[Stored data]
········
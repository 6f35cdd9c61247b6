// The store check's pass over the object records, and that no block is used twice.
#![tactic(auto)]

pub mod objects; // all object records
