/// Puts more of a meeting in its place, after the others where nothing of it was taken, and changes its answers; and returns the place.
fn put_in(
    alloc: Global,
    meetings: &mut Meetings,
    key: MeetingKey,
    more: Held,
    changes: Changes,
) -> Result<usize, AllocError>
    ensures place { IfOk result (λ place. place ≡ insert_index same_key meetings.old key) }
    ensures put { OnOk result (IsPutIn key more changes meetings.old.entries meetings.new.entries) }
    ensures err { OnErr result (IsUnchanged meetings.old meetings.new) }
{
    let Some(place) = meetings.get_index_of(&key) else {
        let meeting = Meeting::new(more, changes);
        let (place, _) = meetings.insert_full(key, meeting)?;
        return Ok(place);
    };
    renew(alloc, meetings, place, more, changes)?;
    Ok(place)
}

/// Takes more parts of the meeting in a place, and changes its answers.
fn renew(
    alloc: Global,
    meetings: &mut Meetings,
    place: usize,
    more: Held,
    changes: Changes,
) -> Result<(), AllocError>
    requires { place < length meetings.old.entries }
    ensures renewed { OnOk result (IsRenewed place more changes meetings.old.entries meetings.new.entries) }
    ensures err { OnErr result (IsUnchanged meetings.old meetings.new) }
{
    let Some(meeting) = meetings.get_index_mut(place) else {
        return Ok(());
    };
    meeting.take(alloc, more, changes)?;
    Ok(())
}
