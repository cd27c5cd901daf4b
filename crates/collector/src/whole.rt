ghost use Rattle.std.specs.Prelude.{◌≡◌, ℕ, List, true, IfOk};
ghost use Rattle.collector.specs.Whole.{Sweeps, all_moved};
ghost use Rattle.world_model.specs.History.{Entry, run};
ghost use Rattle.world_model.specs.World.{Start, start_world};

use crate::{NoMemory, Progress, Sweep, Swept};
use std::alloc::Global;
use world_model::GraphStore;

/// Sweeps until all objects are done, and sums up. Where nobody else acts, what has expired of each object when it begins
/// is moved, and it never comes too late.
///
/// The error says that memory was wanting; what was installed until then stays so.
pub fn sweep_all<S: GraphStore>(rt: &S::Rt, alloc: Global, store: &mut S) -> Result<Swept, NoMemory>
    ensures sweeps { Sweeps S.stands S.caller S.alone store.old store.new result }
    ensures moves { S.alone store.old ≡ true → (s : Start) (es : List Entry) →
        S.stands store.old s es →
        IfOk result (λ swept. swept ≡ all_moved (run (start_world s) es)) }
    ensures stays { S.running store.new ≡ S.running store.old }
{
    let mut sweep = Sweep::new();
    let mut swept = Swept::nothing();
    loop {
        let progress = sweep.advance(rt, alloc, store)?;
        if let Progress::End(_) = progress {
            return Ok(swept);
        }
        swept.add(progress);
    }
}
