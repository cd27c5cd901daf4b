//! The sweep: what has expired of each object is lifted out of its chain, built into blocks and installed in its history.
//! A collector is a client of the store like any other, and sends one event a call.
#![tactic(auto)]

mod left;
mod progress;
mod sweep;
mod whole;

pub use progress::{MOST, Progress, Swept};
use std::alloc::AllocError;
pub use sweep::Sweep;
pub use whole::sweep_all;

/// Memory was wanting. No contract says when this answer comes.
pub type NoMemory = AllocError;
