ghost use Rattle.std.specs.Prelude.{◌≡◌, Some};
ghost use Rattle.collector.specs.Sweeping.{count, nothing_yet};

use graph_value::Oid;

/// A sum isn't told beyond this number.
pub const MOST: u64 = u64::MAX;

/// What one step of a sweep did.
#[derive(Clone, Copy, Debug, PartialEq, Eq)]
pub enum Progress {
    /// The sweep has begun, at this mark.
    Marked(u64),
    /// Nothing of the object has expired.
    Nothing(Oid),
    /// So many deltas of the object were lifted.
    Lifted(Oid, u64),
    /// So many deltas of the object were moved into its history.
    Moved(Oid, u64),
    /// Somebody else had moved deltas of the object, whose cut is this one. What was lifted is let go.
    Stale(Oid, u64),
    /// All objects are done; the sweep began at this mark.
    End(u64),
}

/// What a whole sweep did.
#[derive(Clone, Copy, Debug, PartialEq, Eq)]
pub struct Swept {
    /// The mark at its begin.
    pub mark: u64,
    /// The deltas that were moved, or [`MOST`] where they are more.
    pub moved: u64,
    /// How often somebody else had been faster, or [`MOST`] where it was more often.
    pub stale: u64,
}

impl Swept {
    /// What a sweep has done that hasn't begun.
    pub fn nothing() -> Swept
        ensures { result ≡ nothing_yet }
    {
        Swept {
            mark: 0,
            moved: 0,
            stale: 0,
        }
    }

    /// Adds up one more step.
    pub fn add(&mut self, progress: Progress)
        ensures { self.new ≡ count self.old (Some progress) }
    {
        match progress {
            Progress::Marked(mark) => self.mark = mark,
            Progress::Moved(_, moved) => self.moved = self.moved.saturating_add(moved),
            Progress::Stale(_, _) => self.stale = self.stale.saturating_add(1),
            Progress::Nothing(_) | Progress::Lifted(_, _) | Progress::End(_) => {}
        }
    }
}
········
TASK INSTRUCTIONS
Where a line of the records above holds the word "expired", copy that line.

RESULT OF THE TASK
/// Sweeps until all objects are done, and sums up. Where nobody else acts, what has expired of each object when it begins
//! The sweep: what has expired of each object is lifted out of its chain, built into blocks and installed in its history.
    /// Nothing of the object has expired.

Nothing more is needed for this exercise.